◆ AIM OF THE TASK
Your task is to copy the lines of the data below from the line holding "fn names_form_of(words: &Matches<'_>)" through the line holding "one after the", inclusive, exactly and with nothing added.

◆ MATERIAL FOR THIS TASK
Start of Block
// The words of the program that only read a store, and those that make a new store of what is read.
ghost use Rattle.std.specs.Prelude.{◌≡◌, ◌∷◌, IfOk, [], codes, map, unwrap_or};
ghost use Rattle.command_line.specs.Matches.{text_of};
ghost use Rattle.conf_words.specs.Invocations as spec;

use crate::abouts::ABOUT;
use crate::arguments::{
    FILE, FOLDER, FOLDER_ARGUMENT, NAME, NAME_ARGUMENT, POINTER, POINTER_ARGUMENT, WHOLE, YAML,
};
use crate::invocation::{
    Commands, Invocation, LogForm, MissingValue, NamesForm, Place, Places, RawEnd, Span, TreeForm,
    ValueForm,
};
use crate::listing::Listing;
use crate::refusal::Unasked;
use crate::waiting::WAIT_ARGUMENT;
use command_line::{Argument, Form, Matches, Relation};
use std::alloc::{AllocError, Global};

/// The word that says after which command the store is read.
const AT: &str = "at";

const AT_ARGUMENT: Argument = Argument {
    name: AT,
    help: "Reads the store as it was after command number N",
    form: Form::Number("N", 0),
    relation: Relation::Free,
};

/// The word that has a value written as JSON.
const JSON: &str = "json";

const JSON_ARGUMENT: Argument = Argument {
    name: JSON,
    help: "Writes a JSON text on one line; each text is a string",
    form: Form::Flag,
    relation: Relation::Excludes(&[PLAIN]),
};

/// The word that has texts stand plain which readers with types take for numbers.
const PLAIN: &str = "plain";

const PLAIN_ARGUMENT: Argument = Argument {
    name: PLAIN,
    help: "Writes texts as 80, true and null without quotes, for readers with types",
    form: Form::Flag,
    relation: Relation::Free,
};

/// How a value is written whole, as the words say.
fn tree_form_of(words: &Matches<'_>) -> TreeForm
    ensures { result ≡ spec.tree_form_in words.now }
{
    if words.flag(JSON) {
        TreeForm::Json
    } else if words.flag(PLAIN) {
        TreeForm::Plain
    } else {
        TreeForm::Styled
    }
}

pub(crate) const EXPORT: Listing = Listing {
    about: "Writes a configuration of the store in a folder, or each into a file",
    arguments: &[
        Argument {
            name: ALL,
            help: "Writes each configuration into the file NAME.yaml of the folder DIR, in place of NAME",
            form: Form::Word("DIR"),
            relation: Relation::Free,
        },
        JSON_ARGUMENT,
        PLAIN_ARGUMENT,
        WAIT_ARGUMENT,
        FOLDER_ARGUMENT,
        Argument {
            name: NAME,
            help: "The name of the configuration; after `--` if it begins with `-`",
            form: Form::Optional,
            relation: Relation::Replaces(ALL),
        },
    ],
    help: "\
The configuration is written in the one style, which quotes `80` and `true`, since they are texts. With
`--json` it is a JSON text, each text a string. With `--plain` such texts stand without quotes, so that
readers with types take them for numbers; then they do so with a version 1.10, too.

With `--all` each configuration is written into a file of its own: NAME.yaml, or NAME.json with
`--json`. DIR is made if it is missing. A file is replaced whole, and only if it changes; other files
stay. No lock is taken then: all are of one moment.

Examples:
  confstore export store web
  confstore export store web --json
  confstore export store --all conf.d",
};

/// The word of `export` that has each configuration written, in place of the one of a name.
const ALL: &str = "all";

pub(crate) fn export_invocation<'w>(words: &Matches<'w>) -> Result<Invocation<'w>, Unasked>
    ensures { spec.Makes (spec.export_is_wrong words.now) (spec.IsExport words.now) result }
{
    let Some(folder) = words.text(FOLDER) else {
        return Err(Unasked::OTHER);
    };
    let form = tree_form_of(words);
    match (words.text(NAME), words.text(ALL)) {
        (Some(name), None) => Ok(Invocation::Export { folder, name, form }),
        (None, Some(into)) => Ok(Invocation::ExportAll { folder, into, form }),
        _ => Err(Unasked::OTHER),
    }
}

pub(crate) const NAMES: Listing = Listing {
    about: "Writes the names of the configurations of a store",
    arguments: &[
        Argument {
            name: JSON,
            help: "Writes a JSON array on one line",
            form: Form::Flag,
            relation: Relation::Free,
        },
        AT_ARGUMENT,
        FOLDER_ARGUMENT,
    ],
    help: "\
Each name is one line, in order; with `--json` all are a JSON array on one line. No lock is taken and
nothing is changed, so this runs beside a session that holds the store.

Examples:
  confstore names store
  confstore names store --at 12",
};

pub(crate) fn names_invocation<'w>(words: &Matches<'w>) -> Result<Invocation<'w>, Unasked>
    ensures { spec.Makes (spec.names_is_wrong words.now) (spec.IsNames words.now) result }
{
    let Some(folder) = words.text(FOLDER) else {
        return Err(Unasked::OTHER);
    };
    Ok(Invocation::Names {
        folder,
        at: words.number(AT),
        form: names_form_of(words),
    })
}

fn names_form_of(words: &Matches<'_>) -> NamesForm
    ensures { result ≡ spec.names_form_in words.now }
{
    if words.flag(JSON) {
        NamesForm::Json
    } else {
        NamesForm::Lines
    }
}

pub(crate) const GET: Listing = Listing {
    about: "Writes the value at a JSON Pointer of a configuration",
    arguments: &[
        Argument {
            name: RAW,
            help: "Writes a text as it is, with a line feed after it",
            form: Form::Flag,
            relation: Relation::Excludes(&[JSON, PLAIN]),
        },
        Argument {
            name: NO_NEWLINE,
            help: "Writes no line feed after the text; needs --raw",
            form: Form::Flag,
            relation: Relation::Needs(RAW),
        },
        JSON_ARGUMENT,
        PLAIN_ARGUMENT,
        Argument {
            name: DEFAULT,
            help: "Writes TEXT where nothing is at the place; `--default=TEXT` if it begins with `-`",
            form: Form::Text("TEXT"),
            relation: Relation::Free,
        },
        AT_ARGUMENT,
        FOLDER_ARGUMENT,
        NAME_ARGUMENT,
        Argument {
            name: POINTER,
            help: "JSON Pointers, as /port; the whole configuration if none is given",
            form: Form::Several,
            relation: Relation::Free,
        },
    ],
    help: "\
The value is written in the one style. With `--raw` a text is written as it is, with a line feed after
it, or with nothing after it for `--no-newline`; a list or a mapping is refused (NotText). With
`--json` the value is a JSON text, each text a string. With `--plain` texts as 80 and true stand without
quotes, for readers with types. With `--default` that text is written where no configuration has the
name, or nothing is at the pointer. No lock is taken and nothing is changed, so this runs beside a
session that holds the store.

Several pointers need `--raw` or `--json`, and no `--no-newline` or `--default`: the values are written
one after the other, each with a line feed after it. They are of one moment. Where one of them can't be
written, none is.

Examples:
  confstore get store web /port --raw
  confstore get store web /host /port --raw
  confstore get store web /port --raw --default 80
  confstore get store web
  confstore get store web /tls --json
  confstore get store web /port --at 12",
};

/// The word of `get` that has a text written as it is.
const RAW: &str = "raw";

/// The word of `get` that has no line feed after such a text. It needs [`RAW`].
const NO_NEWLINE: &str = "no-newline";

/// The word of `get` that gives a text for a place where nothing is.
const DEFAULT: &str = "default";

pub(crate) fn get_invocation<'w>(
    alloc: Global,
    words: &Matches<'w>,
) -> Result<Invocation<'w>, Unasked>
    ensures { spec.Makes (spec.get_is_wrong words.now) (spec.IsGet words.now) result }
{
    let Some(folder) = words.text(FOLDER) else {
        return Err(Unasked::OTHER);
    };
    let Some(name) = words.text(NAME) else {
        return Err(Unasked::OTHER);
    };
    let pointers = match pointers_of(alloc, words) {
        Ok(pointers) => pointers,
        Err(AllocError) => return Err(Unasked::OutOfMemory),
    };
    if pointers.len() > 1 && !writes_lines(words) {
        return Err(Unasked::Because(SEVERAL));
    }
    let places = Places {
        name,
        pointers,
        at: words.number(AT),
    };
    Ok(Invocation::Get {
        folder,
        places,
        missing: missing_value_of(words),
        form: form_of_value(words),
    })
}

/// Why the words of `get` are wrong that give several pointers.
const SEVERAL: &str = "several POINTERs need --raw or --json, and no --no-newline or --default";

/// The pointers that the words of `get` give; that to the whole configuration if they give none. It fails only if
/// memory runs out.
fn pointers_of<'w>(alloc: Global, words: &Matches<'w>) -> Result<Vec<&'w str>, AllocError>
    ensures { IfOk result (λ pointers.
        map (λ p. p.now) pointers.items ≡ spec.pointers_in words.now) }
{
    let pointers = words.texts(alloc, POINTER)?;
    if pointers.is_empty() {
        let whole: &'w str = WHOLE;
        return Vec::from_slice(alloc, &[whole]);
    }
    Ok(pointers)
}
End of Block
◆ RESULT BELOW
fn names_form_of(words: &Matches<'_>) -> NamesForm
    ensures { result ≡ spec.names_form_in words.now }
{
    if words.flag(JSON) {
        NamesForm::Json
    } else {
        NamesForm::Lines
    }
}

pub(crate) const GET: Listing = Listing {
    about: "Writes the value at a JSON Pointer of a configuration",
    arguments: &[
        Argument {
            name: RAW,
            help: "Writes a text as it is, with a line feed after it",
            form: Form::Flag,
            relation: Relation::Excludes(&[JSON, PLAIN]),
        },
        Argument {
            name: NO_NEWLINE,
            help: "Writes no line feed after the text; needs --raw",
            form: Form::Flag,
            relation: Relation::Needs(RAW),
        },
        JSON_ARGUMENT,
        PLAIN_ARGUMENT,
        Argument {
            name: DEFAULT,
            help: "Writes TEXT where nothing is at the place; `--default=TEXT` if it begins with `-`",
            form: Form::Text("TEXT"),
            relation: Relation::Free,
        },
        AT_ARGUMENT,
        FOLDER_ARGUMENT,
        NAME_ARGUMENT,
        Argument {
            name: POINTER,
            help: "JSON Pointers, as /port; the whole configuration if none is given",
            form: Form::Several,
            relation: Relation::Free,
        },
    ],
    help: "\
The value is written in the one style. With `--raw` a text is written as it is, with a line feed after
it, or with nothing after it for `--no-newline`; a list or a mapping is refused (NotText). With
`--json` the value is a JSON text, each text a string. With `--plain` texts as 80 and true stand without
quotes, for readers with types. With `--default` that text is written where no configuration has the
name, or nothing is at the pointer. No lock is taken and nothing is changed, so this runs beside a
session that holds the store.

Several pointers need `--raw` or `--json`, and no `--no-newline` or `--default`: the values are written
one after the other, each with a line feed after it. They are of one moment. Where one of them can't be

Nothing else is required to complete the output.